So I have the set $a=\{x+iy|y=x^3-3x^2+4x-1\}$ that connects $1+i$ and $2+3i$.
How do I parametrize a complex path of this?
Eventually I want to find $\int_a(12z^2-4iz)dz$ and it seemed to me the best way was to parametrize a path, but I wouldn't know how. Can somebody please help me?
Ok i will try to solve this as a 2nd order integration by curve.

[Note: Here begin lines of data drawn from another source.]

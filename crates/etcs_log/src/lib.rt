//! Reads logs with at most one item per line ([`run_log`]). Each line is read by itself: a bad one is reported and
//! skipped, unlike in `etcs_stream`. A [`LogJob`] has the [`Kinds`] that are asked for and what is written; a
//! [`LogTally`] has the counts.
#![tactic(auto)]

mod byte_count;
mod counts;
mod job;
mod json_lines;
mod kinds;
mod lines;
mod log;
mod members;
mod needs;
mod notes;
mod numbers;
mod others;
mod picks;
mod readers;
mod refusals;
mod reports;
mod runs;
mod seen;
mod strings;

pub use job::{Good, LogJob, LogTally};
pub use kinds::Kinds;
pub use numbers::NumberSet;
pub use runs::run_log;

$\int_a (12x^2-12y^2+2ixy -4ix +4y)(dx+idy)$
$$ =\int_a (12x^2-12y^2+4y)dx+(-2xy+4x)dy + i\int_a(12x^2-12y^2+4y)dy+(2xy-4x)dx $$
These two integrals depend on the path chosen since $\frac{\partial Q}{\partial x}\ne \frac{\partial P}{\partial y}$
So i will take the path that you wanted
$\gamma(t)=(t,t^3−3t^2+4t−1)$ for $t\in[1,2]$
That gives us the integral by substituting $x$ for $t$ , $y$ for $t^3−3t^2+4t−1$ ,
$dx$ for $1dt$,
$dy$ for $(3t^2-6t+4)dt$
And the borders are $ [1,2] \ni t$
There is some work to be done but the integral itself is easy.